Posted by April Avant on March 30, 2011

“Nuclear Meltdown”  -The words displayed on almost every American newspaper front page, television screen and computer homepage alike in recent days. An earthquake and tsunami descended on Japan causing worry and strife across a nation. Complied with the explosions and fires that began at several of the nuclear reactors at Fukushima Daiichi nuclear plant in northeastern  Japan, radiation poison can now be added to that list. Is this the wake up that the world needed to work toward developing a new more sustainable energy source?

Nations around the world have begun to reconsider nuclear power as a main energy source for their countries. Germany has recently passed legislation that all nuclear power plants will shut down by 2036. Britain and Finland are halting all nuclear power plants until a plant safety review has been completed.

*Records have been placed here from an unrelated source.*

//! The preprocessing tokens of a text that is given in pieces (C90 5.1.1.2, phases 1 to 3, and 6.1).
#![tactic(auto)]

mod blanks;
mod classes;
mod lengths;
mod lexer;
mod scan;
mod settled;
mod text;
mod whole;

pub use lexer::{Lexed, PieceLexer};
pub use whole::{anyhow_cut, anyhow_cut_by_lines};
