// The bytes of a text that were given, with its lines joined.
ghost use Rattle.std.specs.Prelude.{◌≡◌, ◌≤◌, ◌<◌, ◌+◌, [], ◌∷◌, ◌++◌, length, vec_len, vec_capacity};
ghost use Rattle.c65_lex.specs.Cells;
ghost use Rattle.c65_pieces.specs.declared.text.Pending.TheVariants.{Nothing, Return, Backslash, BackslashReturn};
ghost use Rattle.c65_pieces.specs.Settled.{as_cells};
ghost use Rattle.c65_pieces.specs.Given.{pending_bytes, too_far, room, IsBackslash, AreSorted, IsSettled, AreAdded, IsFlushed, IsClosed};

use crate::settled::{LONGEST_LINE, Settled};

/// The bytes at the end of what was given that vanish where a line feed follows them.
#[derive(Clone, Copy, PartialEq, Eq)]
pub enum Pending {
    Nothing,
    Return,
    Backslash,
    BackslashReturn,
}

/// Where a text goes on: the line and the column of the next byte, and what may vanish before it.
#[derive(Clone, Copy)]
pub struct Edge {
    pub line: u32,
    pub column: u16,
    pub pending: Pending,
}

/// Bytes of a text, with its lines joined. The first of them, as many as are ready, are whole lines
/// that are not too long. Behind them stands the line that is held: one whose end was not given yet,
/// or the first that is too long, with all that follows it.
#[derive(Drop)]
pub struct Text {
    pub settled: Vec<Settled>,
    pub ready: usize,
    /// Whether the line that is held is too long.
    pub long: bool,
    pub edge: Edge,
}

fn line_after(byte: u8, line: u32) -> u32
    ensures { result ≡ Cells.line_after byte line }
{
    if byte == b'\n' {
        line.saturating_add(1)
    } else {
        line
    }
}

fn column_after(byte: u8, column: u16) -> u16
    ensures { result ≡ Cells.column_after byte column }
{
    if byte == b'\n' {
        0
    } else if column <= LONGEST_LINE {
        column + 1
    } else {
        LONGEST_LINE + 1
    }
}

/// Whether a line is too long at a byte with so many before it.
fn is_too_far(byte: u8, column: u16) -> bool
    ensures { result ≡ too_far byte column }
{
    byte != b'\n' && column >= LONGEST_LINE
}

/// Takes a byte that does not vanish.
fn settle(text: &mut Text, byte: u8)
    requires { vec_len text.old.settled < vec_capacity text.old.settled }
    ensures { IsSettled text.old byte text.new }
{
    let Edge {
        line,
        column,
        pending,
    } = text.edge;
    text.settled.push_reserved(Settled { byte, line, column });
    text.edge = Edge {
        line: line_after(byte, line),
        column: column_after(byte, column),
        pending,
    };
    if byte == b'\n' && !text.long {
        text.ready = text.settled.len();
    }
    text.long = text.long || is_too_far(byte, column);
}

/// Takes a byte where nothing is pending.
fn begin(text: &mut Text, byte: u8)
    requires none { text.old.edge.pending ≡ Nothing }
    requires room { vec_len text.old.settled < vec_capacity text.old.settled }
    ensures { AreAdded text.old (byte ∷ []) text.new }
{
    match byte {
        b'\r' => text.edge.pending = Pending::Return,
        b'\\' => text.edge.pending = Pending::Backslash,
        _ => settle(text, byte),
    }
}

/// Takes a byte behind a carriage return.
fn add_behind_return(text: &mut Text, byte: u8)
    requires behind { text.old.edge.pending ≡ Return }
    requires room { vec_len text.old.settled + 1 < vec_capacity text.old.settled }
    ensures { AreAdded text.old (byte ∷ []) text.new }
{
    text.edge.pending = Pending::Nothing;
    if byte == b'\n' {
        begin(text, byte);
        return;
    }
    settle(text, b'\r');
    begin(text, byte);
}

/// Joins the next line.
fn splice(text: &mut Text)
    requires { IsBackslash text.old.edge.pending }
    ensures { AreAdded text.old (10 ∷ []) text.new }
{
    text.edge.line = text.edge.line.saturating_add(1);
    text.edge.pending = Pending::Nothing;
}

/// Takes a byte behind a backslash.
fn add_behind_backslash(text: &mut Text, byte: u8)
    requires behind { text.old.edge.pending ≡ Backslash }
    requires room { vec_len text.old.settled + 1 < vec_capacity text.old.settled }
    ensures { AreAdded text.old (byte ∷ []) text.new }
{
    match byte {
        b'\n' => splice(text),
        b'\r' => text.edge.pending = Pending::BackslashReturn,
        _ => {
            text.edge.pending = Pending::Nothing;
            settle(text, b'\\');
            begin(text, byte);
        }
    }
}

/// Takes a byte behind a backslash and a carriage return.
fn add_behind_both(text: &mut Text, byte: u8)
    requires behind { text.old.edge.pending ≡ BackslashReturn }
    requires room { vec_len text.old.settled + 2 < vec_capacity text.old.settled }
    ensures { AreAdded text.old (byte ∷ []) text.new }
{
    if byte == b'\n' {
        splice(text);
        return;
    }
    text.edge.pending = Pending::Nothing;
    settle(text, b'\\');
    settle(text, b'\r');
    begin(text, byte);
}

/// Takes a byte.
fn add_byte(text: &mut Text, byte: u8)
    requires { vec_len text.old.settled + length (pending_bytes text.old.edge.pending) < vec_capacity text.old.settled }
    ensures { AreAdded text.old (byte ∷ []) text.new }
{
    match text.edge.pending {
        Pending::Nothing => begin(text, byte),
        Pending::Return => add_behind_return(text, byte),
        Pending::Backslash => add_behind_backslash(text, byte),
        Pending::BackslashReturn => add_behind_both(text, byte),
    }
}

/// Takes the bytes of a piece.
pub fn add(text: &mut Text, piece: &[u8])
    requires { (vec_len text.old.settled + length (pending_bytes text.old.edge.pending)) + length piece.now ≤ vec_capacity text.old.settled }
    ensures { AreAdded text.old piece.now text.new }
{
    for byte in piece {
        add_byte(text, *byte);
    }
}

/// Settles what is pending where the text ends.
fn settle_pending(text: &mut Text)
    requires { vec_len text.old.settled + length (pending_bytes text.old.edge.pending) ≤ vec_capacity text.old.settled }
    ensures { IsFlushed text.old text.new }
{
    let pending = text.edge.pending;
    text.edge.pending = Pending::Nothing;
    match pending {
        Pending::Nothing => {}
        Pending::Return => settle(text, b'\r'),
        Pending::Backslash => settle(text, b'\\'),
        Pending::BackslashReturn => {
            settle(text, b'\\');
            settle(text, b'\r');
        }
    }
}

/// Ends the text. Its end ends its last line.
pub fn close(text: &mut Text)
    requires room { vec_len text.old.settled + room text.old.edge ≤ vec_capacity text.old.settled }
    requires sorted { AreSorted text.old.settled.items text.old.ready text.old.long text.old.edge.column }
    ensures { IsClosed text.old text.new }
{
    settle_pending(text);
    if text.edge.column != 0 {
        settle(text, b'\n');
    }
}
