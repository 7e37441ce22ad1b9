// Places among bytes whose lines are joined.
ghost use Rattle.std.specs.Prelude.{◌≡◌, [], ◌∷◌, MatchOption};
ghost use Rattle.c65_lex.specs.Cells.{is_long};
ghost use Rattle.c65_pieces.specs.Settled.{ahead, cell_of};

/// How many bytes a line may have, as the definitions have it of `Size::Line`.
pub const LONGEST_LINE: u16 = 32_767;

/// A byte of a text whose lines are joined, the real line that it stands on, and how many bytes of
/// its joined line stand before it, counted up to 32,768.
#[derive(Clone, Copy)]
pub struct Settled {
    pub byte: u8,
    pub line: u32,
    pub column: u16,
}

/// The byte at a place, where it stands, and the place behind it.
#[derive(Clone, Copy)]
pub struct Reading {
    pub byte: u8,
    pub line: u32,
    pub column: u16,
    pub rest: usize,
}

/// The byte at a place.
pub fn read(lines: &[Settled], place: usize) -> Option<Reading>
    ensures { MatchOption result (ahead lines.now place ≡ [])
        (λ r. ahead lines.now place ≡ cell_of r ∷ ahead lines.now r.rest) }
{
    if place >= lines.len() {
        return None;
    }
    let settled = lines[place];
    Some(Reading {
        byte: settled.byte,
        line: settled.line,
        column: settled.column,
        rest: place + 1,
    })
}

/// Whether the line is longer than it may be at this byte.
pub fn is_beyond(reading: Reading) -> bool
    ensures { result ≡ is_long (cell_of reading) }
{
    reading.byte != b'\n' && reading.column >= LONGEST_LINE
}
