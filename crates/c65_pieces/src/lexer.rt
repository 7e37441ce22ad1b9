// The lexer over pieces: a text's preprocessing tokens, one after another.
ghost use Rattle.std.specs.Prelude.{◌≡◌, ◌≤◌, length, IfOk, IfErr};
ghost use Rattle.c65_base.specs.declared.refusal.Refusal.TheVariants.{TooLarge};
ghost use Rattle.c65_base.specs.declared.refusal.Size.TheVariants.{Line};
ghost use Rattle.c65_base.specs.Names.{RefusesName};
ghost use Rattle.c65_pieces.specs.Given.{AreSorted};
ghost use Rattle.c65_pieces.specs.Pieces.{IsExtended};
ghost use Rattle.c65_pieces.specs.Answers.{IsNamed, stop_of};

use crate::scan::{Scanned, Spelled, scan};
use crate::text::{Edge, Pending, Text, add, close};
use c65_base::{Code, Names, Pos, Refusal, Size};
use c65_lex::PpToken;
use std::alloc::{AllocError, Global};
use std::marker::Model;

/// A token; that the whole lines that were given have no further one, and more bytes are wanted; or
/// the end of a text that was finished.
#[derive(Drop)]
pub enum Lexed {
    Token(PpToken),
    More,
    End,
}

/// What is left of a text that is given in pieces. It is seen as the number of its file, the line of
/// a comment that goes on, the cells that are known, and where the text goes on behind them. It holds
/// at most 40,960 bytes of text.
#[derive(Drop)]
pub struct PieceLexer {
    file: u64,
    text: Text,
    at: usize,
    comment: Option<u32>,
    finished: bool,
    alloc: Global,
}

impl Model for PieceLexer {
    ghost use Rattle.c65_pieces.specs.Pieces.{Pieces, seen, IsHeld};

    ghost Value = { Pieces };

    ghost view = { λ l. seen l.file l.comment l.text l.at l.finished };

    ghost invariant = { λ l. IsHeld l.text l.at l.finished };
}

/// The text from a place on, and a piece behind it.
fn extended(alloc: Global, text: &Text, at: usize, piece: &[u8]) -> Result<Text, AllocError>
    requires sorted { AreSorted text.now.settled.items text.now.ready text.now.long text.now.edge.column }
    requires place { at ≤ text.now.ready }
    requires few { length text.now.settled.items ≤ 40960 }
    requires short { length piece.now ≤ 4096 }
    ensures { IfOk result (λ new. IsExtended text.now at piece.now new) }
{
    let rest = &text.settled[at..];
    let mut settled = Vec::with_capacity(alloc, rest.len() + piece.len() + 3)?;
    settled.extend_from_slice(rest)?;
    let mut new = Text {
        settled,
        ready: text.ready - at,
        long: text.long,
        edge: text.edge,
    };
    add(&mut new, piece);
    Ok(new)
}

/// What a lexer does where its whole lines have no further token.
#[derive(Clone, Copy)]
pub enum Stop {
    Over,
    Long,
    Wanting,
}

fn stopped(finished: bool, long: bool) -> Stop
    ensures { result ≡ stop_of finished long }
{
    if long {
        Stop::Long
    } else if finished {
        Stop::Over
    } else {
        Stop::Wanting
    }
}

fn too_long() -> Refusal
    ensures { result ≡ TooLarge Line 32768 }
{
    Refusal::TooLarge {
        limit: Size::Line,
        value: Size::Line.number() + 1,
    }
}

/// A token with the name of its spelling.
fn named(file: u64, spelled: &Spelled, names: &mut Names) -> Result<PpToken, Refusal>
    ensures named { IfOk result (λ t. IsNamed file names.old spelled.now.kind spelled.now.spelling spelled.now.line spelled.now.space t names.new) }
    ensures refused { IfErr result (λ e. (RefusesName names.old spelled.now.spelling e) × (names.new ≡ names.old)) }
{
    let name = names.intern(spelled.spelling.as_slice())?;
    Ok(PpToken {
        kind: spelled.kind,
        spelling: name,
        pos: Pos {
            file,
            line: spelled.line,
        },
        space: spelled.space,
    })
}

impl PieceLexer {
    ghost use Rattle.std.specs.Prelude.{◌↔◌, [], OnOk, OnErr, Ok, None};
    ghost use Rattle.c65_base.specs.declared.refusal.Refusal.TheVariants.{OutOfMemory};
    ghost use Rattle.c65_lex.specs.Next.{Next, IsNext, ended};
    ghost use Rattle.c65_pieces.specs.Pieces.{nothing_given, TakesPiece, KnowsMore, IsFinished, ahead_of, lines_of};
    ghost use Rattle.c65_pieces.specs.Lines.{IsNextByLines};
    ghost use Rattle.c65_pieces.specs.Answers.{IsAnswered, Answers, HasNone, MayGoOn, IsKept};
    ghost use Rattle.c65_pieces.specs.declared.lexer.Lexed.TheVariants.{More, End};

    /// The text of a file, of which nothing was given. It takes no memory.
    pub fn open(alloc: Global, file: u64) -> PieceLexer
        ensures new { result ≡ nothing_given file }
        ensures room { TakesPiece result }
    {
        let edge = Edge {
            line: 1,
            column: 0,
            pending: Pending::Nothing,
        };
        PieceLexer {
            file,
            text: Text {
                settled: Vec::new(alloc),
                ready: 0,
                long: false,
                edge,
            },
            at: 0,
            comment: None,
            finished: false,
            alloc,
        }
    }

    /// Gives the next piece, of at most 4,096 bytes. It wants a lexer that is new or has just
    /// answered `More`, and was not finished. Only want of memory is an error, and changes nothing.
    pub fn give(&mut self, piece: &[u8]) -> Result<(), Refusal>
        requires short { length piece.now ≤ 4096 }
        requires room { TakesPiece self.old }
        ensures ok { OnOk result (KnowsMore self.old piece.now self.new) }
        ensures err { OnErr result (self.new ≡ self.old) }
        ensures refused { IfErr result (λ e. e ≡ OutOfMemory) }
    {
        self.text = extended(self.alloc, &self.text, self.at, piece)?;
        self.at = 0;
        Ok(())
    }

    /// Says that no more bytes follow. It takes no memory.
    pub fn finish(&mut self)
        ensures { IsFinished self.old self.new }
    {
        if !self.finished {
            close(&mut self.text);
            self.finished = true;
        }
    }

    /// The next token; `More` where the whole lines that were given have no further one; `End` at
    /// the end of a text that was finished. `header` allows a header name. Refuses a comment without
    /// its end once the text was finished, a line of more than 32,767 bytes as soon as it has them and
    /// before any of its tokens, and the 65,536th spelling, and stays then where it was.
    pub fn next(&mut self, names: &mut Names, header: bool) -> Result<Lexed, Refusal>
        ensures some { IsAnswered header self.old names.old result self.new names.new }

        // Only one thing comes next, so this is the answer to it and to nothing else.
        ensures only { (next : Next) → IsNext header (lines_of self.old) next
            → Answers header self.old names.old next result self.new names.new }
        ensures more { (result ≡ Ok More) ↔ (HasNone header self.old × MayGoOn self.old) }
        ensures end { (result ≡ Ok End) ↔ ((self.old.edge ≡ None) × IsNextByLines header (ahead_of self.old []) ended) }
        ensures whole { (result ≡ Ok End) → IsNext header (ahead_of self.old []) ended }
        ensures kept { OnErr result (IsKept self.old names.old self.new names.new) }
        ensures room { (result ≡ Ok More) → TakesPiece self.new }
    {
        self.answer(names, header)
    }

    fn answer(&mut self, names: &mut Names, header: bool) -> Result<Lexed, Refusal>
        ensures { IsAnswered header self.old names.old result self.new names.new }
    {
        let lines = &self.text.settled[..self.text.ready];
        match scan(self.alloc, lines, self.at, self.comment, header)? {
            Scanned::Ended => match stopped(self.finished, self.text.long) {
                Stop::Over => Ok(Lexed::End),
                Stop::Long => Err(too_long()),
                Stop::Wanting => Ok(Lexed::More),
            },
            Scanned::Unclosed(line) => match stopped(self.finished, self.text.long) {
                Stop::Over => Err(Refusal::At {
                    code: Code::OpenComment,
                    pos: Pos {
                        file: self.file,
                        line,
                    },
                }),
                Stop::Long => Err(too_long()),
                Stop::Wanting => {
                    self.at = self.text.ready;
                    self.comment = Some(line);
                    Ok(Lexed::More)
                }
            },
            Scanned::TooLong => Err(too_long()),
            Scanned::Token(spelled) => {
                let token = named(self.file, &spelled, names)?;
                self.at = spelled.rest.min(self.text.ready);
                self.comment = None;
                Ok(Lexed::Token(token))
            }
        }
    }
}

What is the U.S. doing? Nothing.

There has been no hesitation about proposing almost 8 billion dollars toward an energy program that would produce new a fleet of nuclear power plants in the United States.  

 Does the Obama Administration have their heads in the sand?

 This writer’s response to that question would be a loud “yes”.

 Nuclear power, depending on your standpoint, has been lauded as the carbon- emission free energy. While on the other side of the coin a dirty word, more specifically, a dirty bomb. That is the cause of health effects ranging from cancer and death.

In an effort to cut down on oil dependence, nuclear power has been praised as an excellent alternative.  Japan currently has 55 active power plants and recently approved the building of two more.  Japan’s nuclear conglomerate Tepco, which owns Fukushima, has a history of “cutting corners,” that isn’t surprising considering that they make up 1/3 of the energy used in Japan.  In 1999, there were reports of power plant workers mixing uranium in stainless steel buckets resulting in the deaths of two workers.  In 1997, 37 workers were exposed to low levels of radiation after an explosion and subsequent fire. Tepco at first refused to acknowledged this event, later when confronted they admitted that they had tried to keep it under wraps.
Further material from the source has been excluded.